Meet our team: A conversation with Matthew Anderson, director of Autism BrainNet Boston Node

By Lilliam Acosta-Sanchez and Serena Bianchi

Autism BrainNet relies on the teamwork of many clinical and research staff to acquire and distribute the tissue provided by the donor families. This staff is located at three centers, or nodes, across the United States. We recently spoke with Matthew Anderson, M.D., Ph.D., who is chief of neuropathology at Beth Israel Deaconess Medical Center, associate professor at Harvard Medical School, director of the Boston Node and clinical neuropathologist for Autism BrainNet, to learn more about his research using postmortem brain tissue and his role with Autism BrainNet.

Matthew Anderson, M.D., Ph.D.

How did you become interested in autism research and involved with Autism BrainNet?

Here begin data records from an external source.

//! Worked examples of lines, split pieces, names and numbers, evaluated by the checker.

ghost use Rattle.std.specs.Prelude.{◌≡◌, [], ◌∷◌, ◌++◌, None, Some, codes, false, map, true, pos, negsuc};
ghost use Rattle.text_rules.specs.Lines.{is_note, lines_of, pieces};
ghost use Rattle.text_rules.specs.Numbers.{four_decimals, int_of};
ghost use Rattle.text_rules.specs.Words.{begins_word, continues_word};

/// A carriage return before a line feed is dropped, and an empty line counts as a line. A last line without a line feed
/// keeps its carriage return.
pub fn lines_of_three_ends()
    ensures { lines_of ((codes "a" ++ (13 ∷ 10 ∷ 10 ∷ [])) ++ (codes "b" ++ (13 ∷ [])))
        ≡ record { number = 1; text = codes "a" } ∷ record { number = 2; text = [] }
        ∷ record { number = 3; text = codes "b" ++ (13 ∷ []) } ∷ [] }
{}

/// Of two carriage returns before a line feed one is kept. An empty rest is no line.
pub fn lines_of_two_returns()
    ensures returns { lines_of (13 ∷ 13 ∷ 10 ∷ []) ≡ record { number = 1; text = 13 ∷ [] } ∷ [] }
    ensures empty { lines_of [] ≡ [] }
{}

/// A line of blanks and a line that begins with # are comment lines. A line with a blank before # is not.
pub fn notes()
    ensures blank { is_note (32 ∷ 9 ∷ []) ≡ true }
    ensures empty { is_note [] ≡ true }
    ensures hash { is_note (codes "# sky") ≡ true }
    ensures later { is_note (codes " # sky") ≡ false }
{}

/// Two adjacent separators enclose an empty piece, and a separator at an end of the text has an empty piece outside it.
/// An empty text is one empty piece.
pub fn pieces_of_texts()
    ensures words { pieces 32 (codes " a  b") ≡ [] ∷ codes "a" ∷ [] ∷ codes "b" ∷ [] }
    ensures end { pieces 10 (codes "a\n") ≡ codes "a" ∷ [] ∷ [] }
    ensures nothing { pieces 32 [] ≡ [] ∷ [] }
{}

/// The bytes next to a letter, an underscore and a digit in ASCII are not part of a word, and no word begins with a
/// digit.
pub fn bytes_of_words()
    ensures small { map begins_word (codes "`az{") ≡ false ∷ true ∷ true ∷ false ∷ [] }
    ensures large { map begins_word (codes "@AZ[") ≡ false ∷ true ∷ true ∷ false ∷ [] }
    ensures others { map begins_word (codes "_059") ≡ true ∷ false ∷ false ∷ false ∷ [] }
    ensures behind { map continues_word (codes "_09z") ≡ true ∷ true ∷ true ∷ true ∷ [] }
    ensures none { map continues_word (codes "/:.-") ≡ false ∷ false ∷ false ∷ false ∷ [] }
{}

/// A number of 19 digits is accepted, also with a minus. Leading zeros count as digits. A number of 20 digits and a
/// plus are not accepted.
pub fn numbers_of_texts()
    ensures longest { int_of (codes "9999999999999999999") ≡ Some (pos 9999999999999999999) }
    ensures minus { int_of (codes "-0000000000000000012") ≡ Some (negsuc 11) }
    ensures long { int_of (codes "00000000000000000012") ≡ None }
    ensures plus { int_of (codes "+1") ≡ None }
    ensures sign { int_of (codes "-") ≡ None }
{}

/// The mean of -1, 0 and 0 is -0.3333, and the four decimals keep their zeros.
pub fn decimals()
    ensures third { four_decimals (negsuc 3332) ≡ codes "-0.3333" }
    ensures nothing { four_decimals (pos 0) ≡ codes "0.0000" }
    ensures zeros { four_decimals (pos 350007) ≡ codes "35.0007" }
    ensures least { four_decimals (negsuc 0) ≡ codes "-0.0001" }
{}
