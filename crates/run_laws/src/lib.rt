//! Laws of whole runs, which join several commands.
//!
//! They say what the record of a run is read as, and what `show`, `replay`, `check`, `upgrade` and
//! `salvage` make of it. They say when `compare` and `vote` are done, what a chain makes of its two
//! clients, and what `sim` sums up. Each function is empty, and its contract is the law.
#![tactic(auto)]

ghost use Rattle.run_laws.specs.Statements.{RecordIsRead, DemoIsRead, RecordIsShown, DemoIsShown};
ghost use Rattle.run_laws.specs.Statements.{RecordIsReplayed, DemoIsReplayed};
ghost use Rattle.run_laws.specs.Chains.{FirstIsRecorded, ChainIsRead};
ghost use Rattle.run_laws.specs.Copies.{CopiesAreCompared};
ghost use Rattle.run_laws.specs.Votes.{MajorityIsWritten, DoneIsMajority, SplitIsCommon};
ghost use Rattle.run_laws.specs.Votes.{AnsweredAlike, OthersAreNamed, NoneIsNamed};
ghost use Rattle.run_laws.specs.Checks.{RecordIsChecked, DemoIsChecked, GenuineIsReplayed};
ghost use Rattle.run_laws.specs.Checks.{GenuineIsUpgraded, FormatTwoStays};
ghost use Rattle.run_laws.specs.Salvages.{InitIsEnough, SalvagedIsWhole, WholeIsKept};
ghost use Rattle.run_laws.specs.Salvages.{RecordIsSalvaged, DemoIsSalvaged};
ghost use Rattle.run_laws.specs.Sums.{SimIsRecorded};

/// The record of a manifest and a stimulus is read as its profile and the frames of its run, and as
/// nothing else.
///
/// The manifest is one that is accepted, and the stimulus may be any bytes. If a bad line ends it,
/// the record is truncated after the frames of the complete blocks.
pub fn decode_law()
    ensures record { RecordIsRead }
    ensures demo { DemoIsRead }
{}

/// Of that record `show` prints the lines of the profile and of those frames, and then what its
/// audience reports of the cycles. If a bad line ended the stimulus, it prints the lines and no
/// reports, and says that the record is truncated.
pub fn show_law()
    ensures record { RecordIsShown }
    ensures demo { DemoIsShown }
{}

/// `replay` writes that record again, byte for byte, and is done. If a bad line ended the stimulus,
/// it writes the same bytes and says that the record is truncated.
pub fn replay_law()
    ensures record { RecordIsReplayed }
    ensures demo { DemoIsReplayed }
{}

/// `compare` is done exactly if all copies are one whole record, byte for byte. Then it prints that
/// they agree, and how many cycles they have.
pub fn compare_law()
    ensures { CopiesAreCompared }
{}

/// `vote` is done exactly if more than half of the copies are one whole record. Then it has written
/// that record.
pub fn vote_law()
    ensures written { MajorityIsWritten }
    ensures done { DoneIsMajority }
{}

/// If `vote` finds no majority, no whole record is that of more than half of the copies. More than
/// half of them begin with the bytes that it has written. These are the most such rows, and it
/// reports their number.
pub fn split_law()
    ensures { SplitIsCommon }
{}

/// `vote --dissent` has the same answer as `vote`. If it is done, the copies that it names are
/// exactly those that aren't the record that `vote` writes, byte for byte. If all copies are one
/// whole record, it names none.
#[tactic(auto, using(crate::proofs::Dissenters::dissenters))]
pub fn dissent_law()
    ensures answer { AnsweredAlike }
    ensures named { OthersAreNamed }
    ensures none { NoneIsNamed }
{}

/// The record of a chain's first client, which isn't written, is the one that `record` writes for
/// the first manifest.
///
/// What `chain` writes is read as the second manifest's profile and the frames of its run over the
/// inputs that the first client passes on. `check` finds it genuine. If a bad line ended the
/// stimulus, it is truncated.
pub fn chain_law()
    ensures first { FirstIsRecorded }
    ensures second { ChainIsRead }
{}

/// Of the record of a run `check` says that it is genuine, with the number of its cycles and what
/// its audience reports of them. If a bad line ended the stimulus, it says that the record is
/// truncated.
pub fn check_law()
    ensures record { RecordIsChecked }
    ensures demo { DemoIsChecked }
{}

/// For any bytes, `check` is done exactly if `replay` is done and writes the same bytes again.
pub fn genuine_law()
    ensures { GenuineIsReplayed }
{}

/// `upgrade` makes a genuine record into a genuine one of the same inputs in format 2. A genuine
/// record in format 2 stays as it is.
pub fn upgrade_law()
    ensures genuine { GenuineIsUpgraded }
    ensures format_two { FormatTwoStays }
{}

/// `salvage` is done exactly if Init was read. Then it writes a whole record: the header and the
/// frames that were read, ended by Terminate, and so the same cycles.
///
/// A whole record comes out unchanged, byte for byte, and so does the record of a run. If a bad
/// line ended the stimulus, the output is the record of the complete blocks, ended.
#[tactic(auto, using(crate::proofs::RecordsSalvaged::salvages))]
pub fn salvage_law()
    ensures done { InitIsEnough }
    ensures whole { SalvagedIsWhole }
    ensures kept { WholeIsKept }
    ensures record { RecordIsSalvaged }
    ensures demo { DemoIsSalvaged }
{}

/// What `sim` prints for a number sums up a record that `record` writes. Its manifest has the
/// profile of `sim`, its stimulus is made of the number, and its seed is the number.
pub fn sum_law()
    ensures { SimIsRecorded }
{}
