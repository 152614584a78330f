//! Records the run of a job over a stimulus.
#![tactic(auto)]

pub mod run_writer;
mod stimulus_run;

pub use stimulus_run::record_run;
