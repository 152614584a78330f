//! Writes the record of a run frame by frame (`Recording`), from whatever gives its inputs: a
//! stimulus, another record, or another client in a chain.

mod counts;
mod frame_parts;
mod recording;
mod run_frames;
mod runner;

pub use counts::Counts;
pub use recording::Recording;
pub use runner::Runner;
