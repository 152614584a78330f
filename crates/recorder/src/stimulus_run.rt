//! The loop that records a stimulus: reads an input, runs a cycle, writes its frame, shows it. The
//! writer of single frames is `run_writer`, which other loops use too.
ghost use Rattle.det_io.specs.Traffic.{ShelfTraffic, SinkTraffic};
ghost use Rattle.det_io.specs.Traffic.{shelf_run, sink_run, failure_in};
ghost use Rattle.probes.specs.Shows.{seen};
ghost use Rattle.stimulus.specs.slot_reader.StandsFor.{slot_of};
ghost use Rattle.recorder.specs.RunStart.{IsBegun};
ghost use Rattle.recorder.specs.RecordRun.{IsRecorded};

use crate::run_writer::{Counts, Recording};
use det_io::{Sink, Slots, Stopped};
use job::{Job, Pool};
use probes::{Audience, Probe};
use stimulus::StimulusFault;
use stimulus::slot_reader::StimulusReader;

/// Runs a job on a pool over the stimulus that is left in a slot, and writes the record of the run.
///
/// The header and the frames up to Init are written before the stimulus is read. Each complete
/// block then gives a Run frame. After a frame is written, its run is shown to the audience.
/// Terminate is written once the text was read to its end and is good. More is read only once no
/// whole block is left of what was read, so all whole blocks are recorded before a read can fail.
///
/// `Refused` has the bad line; the record of all blocks before it was written. After an error
/// neither the recording nor the reader may be used.
pub fn record_run<J: Job, P: Pool<J>, S: Slots, K: Sink>(
    recording: &mut Recording<J>,
    pool: &mut P,
    stimulus: &mut StimulusReader,
    shelf: &mut S,
    sink: &mut K,
    audience: &mut Audience,
) -> Result<Counts, Stopped<StimulusFault>>
    requires { IsBegun J.meaning recording.old stimulus.old (S.sees shelf.old) }
    ensures recorded { IsRecorded J.meaning recording.old.profile (slot_of stimulus.old)
        (shelf_run S.sees S.stays shelf.old shelf.new) (sink_run K.took K.faults sink.old sink.new)
        (seen (λ b. (⟦<dyn Probe as Probe>⟧ b.vtable).life b.value) audience.old)
        (seen (λ b. (⟦<dyn Probe as Probe>⟧ b.vtable).life b.value) audience.new) result }
    ensures shelf_traffic { ShelfTraffic (shelf_run S.sees S.stays shelf.old shelf.new)
        (failure_in result) }
    ensures sink_traffic { SinkTraffic (sink_run K.took K.faults sink.old sink.new)
        (failure_in result) }
{
    recording.open(sink)?;
    'cycles: while let Some(input) = stimulus.next_input(shelf)? {
        let run = recording.cycle(pool, input, sink)?;
        audience.show(recording.alloc(), &run)?;
        let input = recording.take_back(run);
        stimulus.take_back(input);
    }
    let counts = recording.close(sink)?;
    Ok(counts)
}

I first became interested in autism research when a local donor approached my chairman of neurology, Dr. Clifford Saper, to begin research in this field. By that time, I was open to further research opportunities, and I also was looking for what was going to be my long-term focus of research. I had started working on epilepsy, which has some overlap with autism; during my Ph.D., I had studied cystic fibrosis, which is a childhood disorder. That motivated me. I found the grassroots involvement of families inspiring.

A colleague of mine, who was originally contacted by Autism BrainNet, suggested me as the contact person for the program at the Boston Node. I am one of only a few neuropathologists who study autism. I was excited about the opportunity to join Autism BrainNet because my clinical career focuses heavily on diseases of the human brain.

What is your role with Autism BrainNet?

My clinical work entails handling human brains, whether it’s to conduct brain biopsies in living patients (e.g., to diagnose tumors, neurodegenerative disorders, infectious processes) or to diagnose brain diseases in autopsy postmortem cases. I provide neuropathology reports for medical examiners and help other pathologists and clinicians to figure out the cause of death and also to understand what was happening during the life of an individual. With Autism BrainNet, I’m serving as the clinical neuropathologist.

You recently published a new study1 that examined the postmortem brain of autistic individuals. What motivated this study, and what did you find?

Researchers had previously found evidence of an inflammatory state in postmortem brain tissue from donors with autism2. They showed that transcripts encoding the molecules that mediate the innate immune system’s response were elevated in a large proportion of autism cases3,4. To me, that meant that there is a tissue pathology of autism — we just had to find it. I was carrying that knowledge and information with me as I was looking through the microscope at the brains donated to Autism BrainNet, and I noted something surprising: many brains from individuals with autism had scattered clusters of lymphocytes, a type of immune blood cell that helps fight viral infections. These lymphocytic cuffs are usually rare in the brain. In fact, I had seen them previously only in conditions such as encephalitis and multiple sclerosis. And then, there were other things that I kept seeing, and I said: What is that? There were these little bubbles or ‘blebs,’ in a compartment around the blood vessels that contains the cerebral spinal fluid.

Where did these ‘blebs’ come from, and what’s their relationship with the excess of lymphocytes you found in the autism brains?

These blebs were originating from a type of brain cell called ‘astrocytes,’ and in particular, from those that form the barrier that seals off the brain from the cerebral spinal fluid and the blood vessels — you could see them ‘bubbling off’ of the astrocytic processes.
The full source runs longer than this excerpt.